● **TASK REQUIREMENTS**
Using the entries that follow, establish how many lines contain the word "HostRuntime" and give only that figure.

────────────────

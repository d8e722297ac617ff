ghost use Rattle.std.specs.Prelude.{◌≡◌, OnOk, max};

use im_journal::Journal;
use std::alloc::Global;
use std::test::Fail;

/// Whether these are the rows that are stale at an SCN.
fn is_stale_at(alloc: Global, journal: &Journal, scn: u64, expected: &[u64]) -> Result<bool, Fail> {
    Ok(journal.stale_at(alloc, scn)?.as_slice() == expected)
}

/// Makes room for so many notes, at the second try where memory runs out at the first.
///
/// It answers whether these rows are stale after the first try.
fn reserve_twice(
    alloc: Global,
    journal: &mut Journal,
    room: u64,
    stale: &[u64],
) -> Result<bool, Fail>
    ensures { OnOk result (journal.new ≡ record journal.old { spare = max journal.old.spare room }) }
{
    let lacks = journal.reserve(room).is_err();
    let is_as_before = journal.stale_count() == stale.len() as u64
        && is_stale_at(alloc, journal, u64::MAX, stale)?;
    if lacks {
        journal.reserve(room)?;
    }
    Ok(is_as_before)
}

#[test]
fn a_journal_that_lacks_memory_for_notes_has_the_stale_rows_that_it_had(
    rt: HostRuntime,
) -> Result<(), Fail> {
    let alloc = rt.alloc();
    let mut journal = Journal::new(alloc);
    assert!(rt; reserve_twice(alloc, &mut journal, 2, &[])?);
    journal.note(7, 3);
    journal.note(5, 3);
    assert!(rt; reserve_twice(alloc, &mut journal, 4, &[5, 7])?);
    journal.note(6, 4);
    journal.note(7, 6);
    journal.note(2, 6);
    assert!(rt; reserve_twice(alloc, &mut journal, 40, &[2, 5, 6, 7])?);
    journal.note(1, 8);
    assert!(rt; reserve_twice(alloc, &mut journal, 4000, &[1, 2, 5, 6, 7])?);
    assert!(rt; is_stale_at(alloc, &journal, 3, &[5, 7])?);
    Ok(())
}

#[test]
fn stale_rows_that_lack_memory_are_read_at_the_second_try(rt: HostRuntime) -> Result<(), Fail> {
    let alloc = rt.alloc();
    let mut journal = Journal::new(alloc);
    journal.reserve(2)?;
    journal.note(7, 3);
    journal.note(5, 4);
    drop(journal.stale_at(alloc, 4));
    assert!(rt; journal.stale_count() == 2);
    assert!(rt;
        is_stale_at(alloc, &journal, 3, &[7])? && is_stale_at(alloc, &journal, 4, &[5, 7])?
    );
    Ok(())
}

────────────────

● **ANSWER BOX**
2